The purpose of the project was to provoke interest in the performing arts throughout Bulgaria and provide Bulgarian students, through artistic recognition, the chance to attend university and continue the growth in this creative arena, organisers said.
“The project came up in an informal conversation between Hawthorne and the country director to initiate something student based for creative writing,” Busselman said.
Hawthorne’s focus is theatre design and construction and theatre management.
“I am not an actor and I have been on stage before only involuntarily,” he said with a smile and added that he enjoys everything that takes to see the play on stage.
He added that overall there is a very poignant and mature, if at times melancholic, creative force of young writers out there who have just begun to be discovered in the Bulgarian population.
“What has been received has for this competition exceeded the expectations that were originally set in place, and we foresee a difficult period of selection for ourselves and our counterparts,” he said. They have, as a result, put in place a contingency plan for the performance, which would allow for two, or possibly three, plays to be performed as a part of a single show. Busselman said that they had begun work in finding funding for the creation of an anthology that will include the works of all the writers who submitted both as a gift to the writers and as a potential teaching and learning tool.
Busselman said that after all is said and done with regard to the winning selections and the work done to prepare them for performance, they will be looking at a night in May when “a group of young Bulgarians will be sitting in a Sofia theatre watching as their words are brought to life,” he said.
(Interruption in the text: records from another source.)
//! Locks in conflict, of which the first is named.
ghost use Rattle.std.specs.Prelude.{◌≡◌};
ghost use Rattle.range_lock.specs.Order.{bound_cmp, range_cmp, rival_cmp};
ghost use Rattle.range_lock.specs.Nearest.{nearer};

use std::cmp::Ordering;
use store_model::{Bound, KeyRange, TxId};

/// A lock in conflict: its transaction and its range.
#[derive(Drop)]
pub struct Rival {
    pub holder: TxId,
    pub range: KeyRange,
}

#[tactic(auto, using(crate::proofs::Texts::above_is, crate::proofs::Texts::tied_is))]
fn compare_bounds(a: &Bound, b: &Bound) -> Ordering
    ensures { result ≡ bound_cmp a.now b.now }
{
    if a.is_below(b) {
        Ordering::Less
    } else if b.is_below(a) {
        Ordering::Greater
    } else {
        Ordering::Equal
    }
}

fn compare_ranges(a: &KeyRange, b: &KeyRange) -> Ordering
    ensures { result ≡ range_cmp a.now b.now }
{
    compare_bounds(a.low(), b.low()).then(compare_bounds(a.high(), b.high()))
}

fn compare_rivals(a: &Rival, b: &Rival) -> Ordering
    ensures { result ≡ rival_cmp a.now b.now }
{
    a.holder
        .cmp(&b.holder)
        .then(compare_ranges(&a.range, &b.range))
}

/// The one that is named of the best so far and another.
pub fn nearer(best: Option<Rival>, other: Rival) -> Option<Rival>
    ensures { result ≡ nearer best other }
{
    match best {
        Some(best) => {
            if compare_rivals(&other, &best).is_lt() {
                Some(other)
            } else {
                Some(best)
            }
        }
        None => Some(other),
    }
}
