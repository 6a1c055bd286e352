//! Ranges of a single key, and the locks on them.
ghost use Rattle.std.specs.Prelude.{◌≡◌, ◌≢◌, ◌↔◌, ◌⊎◌, ◌&&◌, ◌||◌, ◌++◌, ◌∷◌, [], not, ℕ, List, length, IfSome, IfNone, OnOk, OnErr, IsTrue, true};
ghost use Rattle.store_model.specs.Range.{point, includes};
ghost use Rattle.range_lock.specs.Lock.{IsAmong, is_exclusive};
ghost use Rattle.range_lock.specs.Among.{HasTheSame, Adds};
ghost use Rattle.range_lock.specs.Point.{PointLock, IsKey};
ghost use Rattle.range_lock.specs.Tables.{is_listed, AreListed, IsCoveredAtPoint};

use crate::entry::is_key;
use crate::key_list::KeyList;
use crate::keys::list_key;
use crate::point_locks::PointLocks;
use crate::search::is_exclusive;
use std::alloc::{AllocError, Global};
use std::collections::BTreeMap;
use store_model::{KeyRange, Mode, TxId};

/// Whether a text is another with a zero byte behind it: the next text above that one.
fn is_next(text: &[u8], next: &[u8]) -> bool
    ensures { IsTrue result ↔ (next.now ≡ text.now ++ 0 ∷ []) }
{
    match next.split_last() {
        Some((last, front)) => *last == 0 && front == text,
        None => false,
    }
}

/// The text that a range is the range of, if it is that of one text.
fn point_text(range: &KeyRange) -> Option<&[u8]>
    ensures some { IfSome result (λ text. range.now ≡ point text.now) }
    ensures none { IfNone result ((key : List ℕ) → range.now ≢ point key) }
{
    let low = range.low().as_bytes()?;
    let high = range.high().as_bytes()?;
    if is_next(low, high) { Some(low) } else { None }
}

/// The bytes of the key that a range is the range of, if it is that of one key.
pub fn point_of(range: &KeyRange) -> Option<&[u8]>
    ensures value { IfSome result (λ key. range.now ≡ point key.now) }
    ensures is_key { IfSome result (λ key. IsKey key.now) }
{
    let text = point_text(range)?;
    if is_key(text) { Some(text) } else { None }
}

/// Whether a range includes another.
pub fn includes(wide: &KeyRange, range: &KeyRange) -> bool
    ensures { result ≡ includes wide.now range.now }
{
    !range.low().is_below(wide.low()) && !wide.high().is_below(range.high())
}

/// Adds a lock on the key of these bytes to those held in one mode, and lists the key for its transaction. Where memory runs
/// out, these locks stay as they were.
pub fn put_point(
    alloc: Global,
    points: &mut PointLocks,
    keys: &mut BTreeMap<TxId, KeyList>,
    tx: TxId,
    key: &[u8],
) -> Result<(), AllocError>
    requires is_key { IsKey key.now }
    requires listed { AreListed points.old keys.old }
    ensures ok { OnOk result (Adds points.old points.new (record { key = key.now; tx = tx })) }
    ensures err { OnErr result (HasTheSame points.old points.new) }
    ensures listed { AreListed points.new keys.new }

    // The keys of the locks in the other mode are listed still.
    ensures stays { (p : PointLock) → is_listed keys.old p ≡ true → is_listed keys.new p ≡ true }
{
    if !points.insert(key, tx)? {
        return Ok(());
    }
    match list_key(alloc, keys, tx, key) {
        Ok(()) => Ok(()),
        Err(_) => {
            points.remove(key, tx);
            Err(AllocError)
        }
    }
}

/// Whether an exclusive or a shared lock is enough for a mode.
fn suffices(exclusive: bool, shared: bool, mode: Mode) -> bool
    ensures { result ≡ (exclusive || (shared && not (is_exclusive mode))) }
{
    exclusive || (shared && !is_exclusive(mode))
}

/// Whether one of the transaction's locks on single keys includes the range in this mode.
pub fn covers_at_point(
    shared: &PointLocks,
    exclusive: &PointLocks,
    tx: TxId,
    range: &KeyRange,
    mode: Mode,
) -> bool
    ensures { IsTrue result ↔ IsCoveredAtPoint shared.now exclusive.now tx range.now mode }
{
    let _low = range.low();
    match point_text(range) {
        None => false,
        Some(text) => {
            let by_exclusive = exclusive.contains(text, tx);
            let by_shared = shared.contains(text, tx);
            suffices(by_exclusive, by_shared, mode)
        }
    }
}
Both associates of the project Busselman and Hawthorne express the strong desire for the continuing success of this project, and they have a desire to get this information to as many individuals, who are willing to support this endeavor, as they can.
“It will not succeed without their help,” Busselman said. He added that they did not envision a one-year project that lives and dies during our service, but as a continuing source of pride and inspiration for this country that thrives in the hands of Bulgarians and the young writers that continue to push this country forward.
“We want to make it a sustainable project,” Hawthorne said.
This project is designed to promote an artistic awareness and exchange in Bulgaria through the medium of theater arts. Organisers said that it is intended to be a completely Bulgarian endeavour, where participants are advised to research, write, produce and perform plays that investigate areas of Bulgarian culture and are written in the native language.
“The reason that we have asked it to be written in Bulgarian is for obvious reasons- it will be much easier writing in your own language. The goal of this project is to maintain culture and get the students interested in the history and culture of Bulgaria,” Hawthorne said.
For the students involved this competition, it gives them an opportunity to perhaps explore a creative energy that has never before had an outlet, organisers of the competition said.
Currently organisers of the competition are arranging dates for the production stages of their project, completion of the selection of the winning play(s) and a pre-production period of casting, rehearsal and other necessary work. Busselman said they are continually working with their counterparts from the National Academy of Theatre and Film Arts and Balkan Media in our search for sponsorship, promotion and sustainability. Busselman told The Echo that they are in the process of preparing a grant, but will be searching aggressively for members of the greater Bulgarian community “to help make our vision a continuing opportunity for Bulgaria and its youth,” he said.